Genetic diagnosis laboratories consists of; DNA isolation/data verification laboratory, molecular genetic analysis laboratory and electrophoresis/imaging laboratory. In our laboratory; 1900 postnatal and 120 prenatal diagnosis were performed annually since 1992. The diseases that we perform genetic test are; Cystic Fibrosis (CF), Duchenne Muscular Dystrophy (DMD), Spinal Muscular Atrophy (SMA), Gaucher's Disease, Familial Mediterranean Fever (FMF), Mitochondrial cytopathies, Leber’s Hereditary Optic Neuropathy (LHON).
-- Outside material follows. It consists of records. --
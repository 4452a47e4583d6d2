//! The steps of the seat of the loader and of a reader: all that is done by the rule over the published view.
ghost use Rattle.std.specs.Prelude.{◌≡◌, Some, [], drop, IfOk, IfSome, MatchResult};
ghost use Rattle.std.specs.Arc.{arc_value};
ghost use Rattle.left_right.specs.Sides.{view};
ghost use Rattle.tablet_view.specs.Extending.{Extends};
ghost use Rattle.live_tablet.specs.Rules.{Knows};

use crate::published::{Handover, PlacedReader, Sight, ViewWriter};
use std::alloc::AllocError;
use std::sync::{Arc, Wait};
use tablet_view::View;

/// Looks once. Where nothing is published any more, it finds the kept view.
pub fn look(reader: PlacedReader, kept: &Arc<View>) -> (PlacedReader, Result<Arc<View>, AllocError>)
    requires { Knows (view reader.place) (arc_value kept.now) }
    ensures seen { IfOk result.1 (λ a. Extends (arc_value a) (arc_value kept.now) × Knows (view result.0.place) (arc_value a)) }
    ensures knows { Knows (view result.0.place) (arc_value kept.now) }
{
    match reader.enter_as::<Sight>() {
        Ok(reading) => {
            let seen = Arc::try_clone(&reading.get().view);
            (reading.leave(), seen)
        }
        Err(reader) => (reader, Arc::try_clone(kept)),
    }
}

/// Publishes an equal view, since nothing is pending. So the seat knows it. It may wait for readers.
pub fn show_again<R: Wait>(rt: &R, writer: ViewWriter) -> (ViewWriter, Result<(), AllocError>)
    requires { drop writer.behind writer.log.items ≡ [] }
    ensures shown { arc_value result.0.desk.shown.value.view ≡ arc_value writer.desk.shown.value.view }
    ensures known { IfOk result.1 (λ _. view result.0.desk.place ≡ Some (arc_value result.0.desk.shown.value.view)) }
{
    writer.publish_as::<Sight, R>(rt)
}

/// Publishes the next view in one step. It may wait for readers.
pub fn push<R: Wait>(
    rt: &R,
    mut writer: ViewWriter,
    next: Arc<View>,
) -> (ViewWriter, Result<(), AllocError>)
    requires extends { Extends (arc_value next) (arc_value writer.desk.shown.value.view) }
    requires known { view writer.desk.place ≡ Some (arc_value writer.desk.shown.value.view) }
    ensures shown { MatchResult result.1 (λ _. arc_value result.0.desk.shown.value.view ≡ arc_value next) (λ _. result.0.desk.shown.value ≡ writer.desk.shown.value) }
    ensures known { view result.0.desk.place ≡ Some (arc_value result.0.desk.shown.value.view) }
{
    match writer.append(next) {
        Ok(()) => writer.publish_as::<Sight, R>(rt),
        Err(_) => (writer, Err(AllocError)),
    }
}

/// A reader that knows what the loader knows, and none where no place is free.
pub fn told(writer: &mut ViewWriter) -> Option<PlacedReader>
    ensures told { IfSome result (λ r. view r.place ≡ view writer.old.desk.place) }
    ensures kept { (writer.new.desk.shown ≡ writer.old.desk.shown) × (view writer.new.desk.place ≡ view writer.old.desk.place) }
{
    let mut reader = writer.factory().reader().ok()?;
    reader.learn::<Handover>(writer.tell::<Handover>());
    Some(reader)
}

/// Looks once where there is a seat, and finds the kept view where there is none.
#[tactic(auto, using(tablet_view::proofs::Orders::extends_refl))]
pub fn see(
    seat: Option<PlacedReader>,
    kept: &Arc<View>,
) -> (Option<PlacedReader>, Result<Arc<View>, AllocError>)
    requires { IfSome seat (λ s. Knows (view s.place) (arc_value kept.now)) }
    ensures seen { IfOk result.1 (λ a. Extends (arc_value a) (arc_value kept.now) × IfSome result.0 (λ s. Knows (view s.place) (arc_value a))) }
    ensures knows { IfSome result.0 (λ s. Knows (view s.place) (arc_value kept.now)) }
{
    match seat {
        None => (None, Arc::try_clone(kept)),
        Some(reader) => {
            let (reader, seen) = look(reader, kept);
            (Some(reader), seen)
        }
    }
}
Hacettepe Rare Diseases Biobank was established in 1994 by Technology Development Fund of Turkey. It was supported by The Scientific and Technological Research Council of Turkey (TUBITAK) until 2007 when the whole infrastructure was turned over to Hacettepe University. As the Biobank is a public facility at a government university, there is no charge demanded from families for deposition of samples.
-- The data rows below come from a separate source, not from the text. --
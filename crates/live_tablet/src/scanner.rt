//! Scanners that read beside a loader.
ghost use Rattle.std.specs.Prelude.{◌≡◌, ◌≤◌, false, IfOk, OnErr};
ghost use Rattle.tablet_io.specs.Causes.{Rose};
ghost use Rattle.tablet_view.specs.Extending.{Extends};
ghost use Rattle.tablet_view.specs.Snapshot.{Snapshot};
ghost use Rattle.live_tablet.specs.Scanners.{IsSameScanner, mode_of_number};
ghost use Rattle.live_tablet.specs.Scans.{new_scan};

use crate::reader::{LiveReader, Note};
use crate::reading::Reading;
use crate::scan::Scan;
use cell_key::NoMemory;
use std::alloc::Global;
use std::marker::Model;
use std::mem::replace;
use tablet_io::{Gate, Place};

/// Scans a tablet over what its reader sees. Its number tells its mode: even ones are isolated, odd ones plain.
#[derive(Drop)]
pub struct Scanner {
    number: u32,
    fetch: u64,
    reader: LiveReader,
    scan: Scan,
}

impl Model for Scanner {
    ghost use Rattle.tablet_view.specs.Extending.{Extends};
    ghost use Rattle.live_tablet.specs.Scanners.{ScannerState};

    ghost Value = { ScannerState };

    ghost view = { λ s. record { number = s.number; reader = s.reader; scan = s.scan } };

    ghost invariant = { λ s. Extends s.reader.newest s.scan.session.view };
}

impl Scanner {
    /// A scanner at the start of a scan, over the view that its reader sees first. It takes memory.
    #[tactic(auto, using(tablet_view::proofs::Orders::extends_refl))]
    pub fn open(
        alloc: Global,
        number: u32,
        reader: LiveReader,
        batch: u32,
    ) -> Result<Scanner, NoMemory>
        requires { 1 ≤ batch }
        ensures scan { IfOk result (λ scanner. (view : Snapshot) × Extends view reader.newest × (scanner.scan ≡ new_scan view (mode_of_number number) batch)) }
        ensures number { IfOk result (λ scanner. (scanner.number ≡ number) × (scanner.reader.tablet ≡ reader.tablet)) }
    {
        let mut reader = reader;
        let view = reader.view()?;
        let scan = Scan::open(alloc, view, number % 2 == 0, batch)?;
        Ok(Scanner {
            number,
            fetch: 0,
            reader,
            scan,
        })
    }

    /// The scan that it makes. It takes no memory.
    pub fn scan(&self) -> &Scan
        ensures { result.now ≡ self.now.scan }
    {
        &self.scan
    }

    /// The scan that it makes. It takes no memory.
    pub(crate) fn into_scan(self) -> Scan
        ensures { result ≡ self.scan }
    {
        self.scan
    }

    /// Takes in a note, where the reader allows it. It waits for nobody, and takes no memory.
    pub fn learn(&mut self, note: Note)
        requires { note.tablet ≡ self.old.reader.tablet }
        ensures same { IsSameScanner self.new self.old }
        ensures later { Extends self.new.reader.newest self.old.reader.newest }
    {
        if self.reader.allows(&note) {
            self.reader.learn(note);
        }
    }

    /// Begins a new scan, over the view that its reader sees now, and gives the one before. It takes memory; without it the
    /// scan goes on as before.
    #[tactic(auto, using(tablet_view::proofs::Orders::extends_refl, tablet_view::proofs::Orders::extends_trans))]
    pub fn start_again(&mut self, alloc: Global) -> Result<Scan, NoMemory>
        ensures given { IfOk result (λ scan. scan ≡ self.old.scan) }
        ensures scan { IfOk result (λ _. (view : Snapshot) × Extends view self.old.reader.newest
            × (self.new.scan ≡ new_scan view self.old.scan.session.mode self.old.scan.batch)) }
        ensures kept { (self.new.number ≡ self.old.number) × (self.new.reader.tablet ≡ self.old.reader.tablet) }
        ensures failed { OnErr result (self.new.scan ≡ self.old.scan) }
        ensures later { Extends self.new.reader.newest self.old.reader.newest }
    {
        let view = self.reader.view()?;
        let next = self.scan.anew(alloc, view)?;
        Ok(replace(&mut self.scan, next))
    }

    /// Passes the gate, and fetches a batch on the newest view that the reader sees. It takes memory.
    pub fn fetch<G: Gate>(&mut self, alloc: Global, gate: &G)
        ensures same { IsSameScanner self.new self.old }
        ensures asked { self.new.scan.failed ≡ false → Rose self.old.reader.questions self.new.reader.questions }
        ensures later { Extends self.new.reader.newest self.old.reader.newest }
    {
        self.fetch = self.fetch.saturating_add(1);
        gate.at(Place::Fetch {
            scanner: self.number,
            number: self.fetch,
        });
        self.scan.fetch(alloc, &mut self.reader);
    }

    /// Fetches until the scan is over. It takes memory.
    #[tactic(auto, using(crate::proofs::Scanners::same_refl, crate::proofs::Scanners::same_trans))]
    pub fn run<G: Gate>(&mut self, alloc: Global, gate: &G)
        ensures { IsSameScanner self.new self.old }
    {
        for _ in 0..u64::MAX {
            if self.scan.is_over() {
                return;
            }
            self.fetch(alloc, gate);
        }
    }
}

impl<G: Gate> Reading<G> for Scanner {
    ghost use Rattle.live_tablet.specs.Scanners.{IsSameScanner};

    ghost same = { IsSameScanner };

    fn read(&mut self, alloc: Global, gate: &G) {
        self.run(alloc, gate);
    }
}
Families are referred to the biobank after clinical examination by respective departments. A document of medical and personal information together with the informed consent form accompanies samples, signed by the medical attendee and the principle medical doctor responsible for the unit. By 2014, the biological registry holds a total number of DNA samples (31.000) from 5700 families and 1200 cells/tissues (lymphoblastoid cell lines, fibroblast, muscle, brain and other biopsy specimens). The main contributions to the DNA registry are neurological (46%), metabolic (19%), nephrological (15%), gastroenterological (9%), immunological/haematological (5%), chest diseases (3%) and dermatological disorders (3%). The medical and personal data from the families are maintained via the Oracle Database Server System. The system is encrypted with codes open to only the IT personnel. Retrievable anonymization of the data complies with basic ethical norms.
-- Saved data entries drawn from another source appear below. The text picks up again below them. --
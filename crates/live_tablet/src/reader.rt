//! A reader of the published view, and the note that the loader gives it.
ghost use Rattle.std.specs.Prelude.{◌≡◌, ◌≤◌, ◌↔◌, true, false, Some, IsTrue, IfOk, OnErr};
ghost use Rattle.std.specs.Arc.{arc_value};
ghost use Rattle.tablet_io.specs.Causes.{Rose};
ghost use Rattle.tablet_view.specs.Extending.{Extends};
ghost use Rattle.live_tablet.specs.States.{IsNew};

use crate::extending::extends;
use crate::published::{PlaceFactory, PlacedReader};
use crate::seats::see;
use cell_key::NoMemory;
use scan_session::Views;
use std::marker::Model;
use std::sync::Arc;
use tablet_view::View;

/// Stands for a view that was published. Contracts see its tablet and that view.
#[derive(Drop)]
pub struct Note {
    pub(crate) seat: Option<PlacedReader>,
    pub(crate) shown: Arc<View>,
    pub(crate) from: PlaceFactory,
}

impl Model for Note {
    ghost use Rattle.std.specs.Prelude.{◌≡◌, Some, IfSome};
    ghost use Rattle.std.specs.Arc.{arc_value};
    ghost use Rattle.left_right.specs.Sides as sides;
    ghost use Rattle.live_tablet.specs.States.{NoteState};

    ghost Value = { NoteState };

    ghost view = { λ n. record { tablet = (arc_value n.from.board).shared.table_id; shown = arc_value n.shown } };

    ghost invariant = { λ n. IfSome n.seat (λ s. sides.view s.place ≡ Some (arc_value n.shown)) };
}

/// Looks at the published view, and keeps the newest one that it has seen or learnt. Where it has no place to look from, it
/// finds the one that it keeps. Contracts see its tablet, the view that it keeps, and how often it was asked.
#[derive(Drop)]
pub struct LiveReader {
    seat: Option<PlacedReader>,
    kept: Arc<View>,
    from: PlaceFactory,
    questions: u64,
}

impl Model for LiveReader {
    ghost use Rattle.std.specs.Prelude.{IfSome};
    ghost use Rattle.std.specs.Arc.{arc_value};
    ghost use Rattle.left_right.specs.Sides as sides;
    ghost use Rattle.live_tablet.specs.Rules.{Knows};
    ghost use Rattle.live_tablet.specs.States.{ReaderState};

    ghost Value = { ReaderState };

    ghost view = { λ r. record {
      tablet = (arc_value r.from.board).shared.table_id;
      newest = arc_value r.kept;
      questions = r.questions;
    } };

    ghost invariant = { λ r. IfSome r.seat (λ s. Knows (sides.view s.place) (arc_value r.kept)) };
}

impl LiveReader {
    /// A reader that has learnt a note, and seen nothing else.
    pub(crate) fn of(note: Note) -> LiveReader
        ensures { IsNew note.tablet note.shown result }
    {
        let Note { seat, shown, from } = note;
        LiveReader {
            seat,
            kept: shown,
            from,
            questions: 0,
        }
    }

    /// Counts a question.
    fn count_question(&mut self)
        ensures rose { Rose self.old.questions self.new.questions × (self.old.questions ≤ self.new.questions) }
        ensures kept { (self.new.tablet ≡ self.old.tablet) × (self.new.newest ≡ self.old.newest) }
    {
        self.questions = self.questions.saturating_add(1);
    }

    /// Whether the view of a note extends the one that the reader keeps. It waits for nobody, and takes no memory.
    pub fn allows(&self, note: &Note) -> bool
        ensures { IsTrue result ↔ Extends note.now.shown self.now.newest }
    {
        extends(&note.shown, &self.kept)
    }

    /// Takes in the view of a note of its tablet, which extends the one that the reader keeps. The note is used up. It waits
    /// for nobody, and takes no memory.
    #[tactic(auto, using(tablet_view::proofs::Orders::extends_refl))]
    pub fn learn(&mut self, note: Note)
        requires tablet { note.tablet ≡ self.old.tablet }
        requires extends { Extends note.shown self.old.newest }
        ensures newest { self.new.newest ≡ note.shown }
        ensures kept { (self.new.tablet ≡ self.old.tablet) × (self.new.questions ≡ self.old.questions) }
    {
        let Note {
            seat,
            shown,
            from: _,
        } = note;
        self.seat = seat;
        self.kept = shown;
    }

    /// A view that extends each one that the reader has seen or learnt, and is the newest one then. It waits for nobody. It
    /// takes memory; without it the look counts as not made.
    pub fn view(&mut self) -> Result<Arc<View>, NoMemory>
        ensures newest { IfOk result (λ view. Extends (arc_value view) self.old.newest × (self.new.newest ≡ arc_value view)) }
        ensures failed { OnErr result (self.new.newest ≡ self.old.newest) }
        ensures kept { (self.new.tablet ≡ self.old.tablet) × (self.new.questions ≡ self.old.questions) }
    {
        let (looked, seen) = see(self.seat.take(), &self.kept);
        self.seat = looked;
        let seen = seen?;
        self.kept = Arc::try_clone(&seen)?;
        Ok(seen)
    }
}

impl Views for LiveReader {
    ghost use Rattle.atomic_table.specs.Seated.{TableId};
    ghost use Rattle.std.proofs.Common.{rules};

    ghost Home = { TableId };

    ghost home = { λ r. r.tablet };

    ghost looks = { λ _. true };

    ghost steady = { λ _. false };

    ghost newest = { λ r. Some r.newest };

    ghost questions = { λ r. r.questions };

    ghost blind_has_none = { λ r e. Prim.search rules };

    fn newer(&mut self, than: u64) -> Result<Option<Arc<View>>, NoMemory> {
        let seen = self.view()?;
        self.count_question();
        if seen.version() > than {
            Ok(Some(seen))
        } else {
            Ok(None)
        }
    }
}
The physical infrastructure is as follows: cryopreservation unit, tissue culture laboratory, general laboratory, IT facility and molecular biology laboratory. The total capacity of the cryopreservation unit is: -20°C, 15,000 samples; -80°C, 200,000 samples; -196°C, 15,000 samples. The system is run by security CO2 Back up system, Uninterrupted Power Supply (UPS) Systems, and Alarm System linked to telephones. The Bank is managed by a director (PhD, professor of Medical Biology); two biologists (MS) responsible for sample preparation and quality assurance; one medical biologist (PhD) responsible for daily operations and best practice guidelines; and a data manager responsible for data entry and retrievable anonymization of samples.
The Biobank is a member of EuroBioBank - European Network of DNA, Cell and Tissue Banks for Rare Diseases.